■ **What you should do**: Please copy out all the data. Every detail stays the same.

[Stored data entries]
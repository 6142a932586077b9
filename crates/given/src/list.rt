// A given list that is in form.
ghost use Rattle.std.specs.Prelude.{true, ◌≡◌, ◌≤◌, length};
ghost use Rattle.rules.specs.Method.{max_rows};
ghost use Rattle.rules.specs.Calls.{rows_in, are_rows};

use crate::rows::Rows;
use rules::Inputs;

// Its rows stand in two runs of words, as the calls are lent them, and all of them are rows of the inputs.
#[derive(Clone, Copy)]
pub struct Given<'a> {
    pub inputs: Inputs,
    pub care: &'a [u32],
    pub value: &'a [u32],
    pub ghost paired: { length care.now ≡ length value.now },
    pub ghost few: { length care.now ≤ max_rows },
    pub ghost formed: { are_rows inputs.count (rows_in care.now value.now) ≡ true },
}

impl<'a> Given<'a> {
    ghost use Rattle.given.specs.Given.{rows_of, rows_left};

    // How many rows it has.
    #[tactic(auto, using(crate::proofs::Runs::runs))]
    pub fn count(self) -> usize
        ensures rows { result ≡ length (rows_of self.entry) }
        ensures few { result ≤ max_rows }
    {
        self.care.len()
    }

    // Its rows, first to last.
    pub fn rows(self) -> Rows<'a>
        ensures { rows_left result ≡ rows_of self.entry }
    {
        Rows {
            care: self.care,
            value: self.value,
        }
    }
}
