// A given list, in two runs of words, is looked at before it is used: refusal 8 is given unless its first `count` rows are
// there, are at most 256, and are rows of n inputs. A list in form is a value of its own.
#![tactic(auto)]

mod list;
mod rows;

ghost use Rattle.std.specs.Prelude.{◌≡◌, IfErr, IfOk, is_ok, take};
ghost use Rattle.rules.specs.Calls.{rows_in, are_rows};
ghost use Rattle.given.specs.Given.{in_form, rows_of, rows_left};

pub use list::Given;
pub use rows::Rows;
use rules::{Inputs, List, Refusal};

// The first `count` rows of the two runs, or refusal 8.
#[tactic(auto, using(crate::proofs::Runs::runs))]
pub fn given_list<'a>(
    n: Inputs,
    count: usize,
    care: &'a [u32],
    value: &'a [u32],
) -> Result<Given<'a>, Refusal>
    ensures inputs { IfOk result (λ list. list.inputs.count ≡ n.count) }
    ensures rows { IfOk result (λ list. rows_of list ≡ take count (rows_in care.now value.now)) }
    ensures refused { IfErr result (λ f. f ≡ Refusal.GivenList) }
    ensures when { is_ok result ≡ in_form n.count count (rows_in care.now value.now) }
{
    let care = care.get(..count).ok_or(Refusal::GivenList)?;
    let value = value.get(..count).ok_or(Refusal::GivenList)?;
    if count > List::MAX_ROWS || !are_rows(n, Rows { care, value }) {
        return Err(Refusal::GivenList);
    }
    Ok(Given {
        inputs: n,
        care,
        value,
    })
}

// All of them are rows of n inputs.
fn are_rows(n: Inputs, mut rows: Rows) -> bool
    ensures { result ≡ are_rows n.count (rows_left rows.entry) }
{
    rows.all(|row| row.is_row(n))
}
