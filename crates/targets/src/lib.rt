// Targets: whole numbers that may lie off the axis.
#![tactic(auto)]

ghost use Rattle.targets.specs.Target.{Placed};

use number::ORIGIN;

// The ends of the axis.
const LOWEST: i64 = -(ORIGIN as i64);

const HIGHEST: i64 = ORIGIN as i64;

// The index of a whole number on the axis; none where it is off it.
pub fn on_axis(target: i64) -> Option<u32>
    ensures { Placed target result }
{
    if target < LOWEST {
        return None;
    }
    if HIGHEST < target {
        return None;
    }
    Some((target - LOWEST) as u32)
}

■ **Response box**:
repository 6142a932586077b9
filename crates/given/src/list.rt
// A given list that is in form.
ghost use Rattle.std.specs.Prelude.{true, ◌≡◌, ◌≤◌, length};
ghost use Rattle.rules.specs.Method.{max_rows};
ghost use Rattle.rules.specs.Calls.{rows_in, are_rows};

use crate::rows::Rows;
use rules::Inputs;

// Its rows stand in two runs of words, as the calls are lent them, and all of them are rows of the inputs.
#[derive(Clone, Copy)]
pub struct Given<'a> {
    pub inputs: Inputs,
    pub care: &'a [u32],
    pub value: &'a [u32],
    pub ghost paired: { length care.now ≡ length value.now },
    pub ghost few: { length care.now ≤ max_rows },
    pub ghost formed: { are_rows inputs.count (rows_in care.now value.now) ≡ true },
}

impl<'a> Given<'a> {
    ghost use Rattle.given.specs.Given.{rows_of, rows_left};

    // How many rows it has.
    #[tactic(auto, using(crate::proofs::Runs::runs))]
    pub fn count(self) -> usize
        ensures rows { result ≡ length (rows_of self.entry) }
        ensures few { result ≤ max_rows }
    {
        self.care.len()
    }

    // Its rows, first to last.
    pub fn rows(self) -> Rows<'a>
        ensures { rows_left result ≡ rows_of self.entry }
    {
        Rows {
            care: self.care,
            value: self.value,
        }
    }
}
// A given list, in two runs of words, is looked at before it is used: refusal 8 is given unless its first `count` rows are
// there, are at most 256, and are rows of n inputs. A list in form is a value of its own.
#![tactic(auto)]

mod list;
mod rows;

ghost use Rattle.std.specs.Prelude.{◌≡◌, IfErr, IfOk, is_ok, take};
ghost use Rattle.rules.specs.Calls.{rows_in, are_rows};
ghost use Rattle.given.specs.Given.{in_form, rows_of, rows_left};

pub use list::Given;
pub use rows::Rows;
use rules::{Inputs, List, Refusal};

// The first `count` rows of the two runs, or refusal 8.
#[tactic(auto, using(crate::proofs::Runs::runs))]
pub fn given_list<'a>(
    n: Inputs,
    count: usize,
    care: &'a [u32],
    value: &'a [u32],
) -> Result<Given<'a>, Refusal>
    ensures inputs { IfOk result (λ list. list.inputs.count ≡ n.count) }
    ensures rows { IfOk result (λ list. rows_of list ≡ take count (rows_in care.now value.now)) }
    ensures refused { IfErr result (λ f. f ≡ Refusal.GivenList) }
    ensures when { is_ok result ≡ in_form n.count count (rows_in care.now value.now) }
{
    let care = care.get(..count).ok_or(Refusal::GivenList)?;
    let value = value.get(..count).ok_or(Refusal::GivenList)?;
    if count > List::MAX_ROWS || !are_rows(n, Rows { care, value }) {
        return Err(Refusal::GivenList);
    }
    Ok(Given {
        inputs: n,
        care,
        value,
    })
}

// All of them are rows of n inputs.
fn are_rows(n: Inputs, mut rows: Rows) -> bool
    ensures { result ≡ are_rows n.count (rows_left rows.entry) }
{
    rows.all(|row| row.is_row(n))
}
filename crates/targets/src/lib.rt
// Targets: whole numbers that may lie off the axis.
#![tactic(auto)]

ghost use Rattle.targets.specs.Target.{Placed};

use number::ORIGIN;

// The ends of the axis.
const LOWEST: i64 = -(ORIGIN as i64);

const HIGHEST: i64 = ORIGIN as i64;

// The index of a whole number on the axis; none where it is off it.
pub fn on_axis(target: i64) -> Option<u32>
    ensures { Placed target result }
{
    if target < LOWEST {
        return None;
    }
    if HIGHEST < target {
        return None;
    }
    Some((target - LOWEST) as u32)
}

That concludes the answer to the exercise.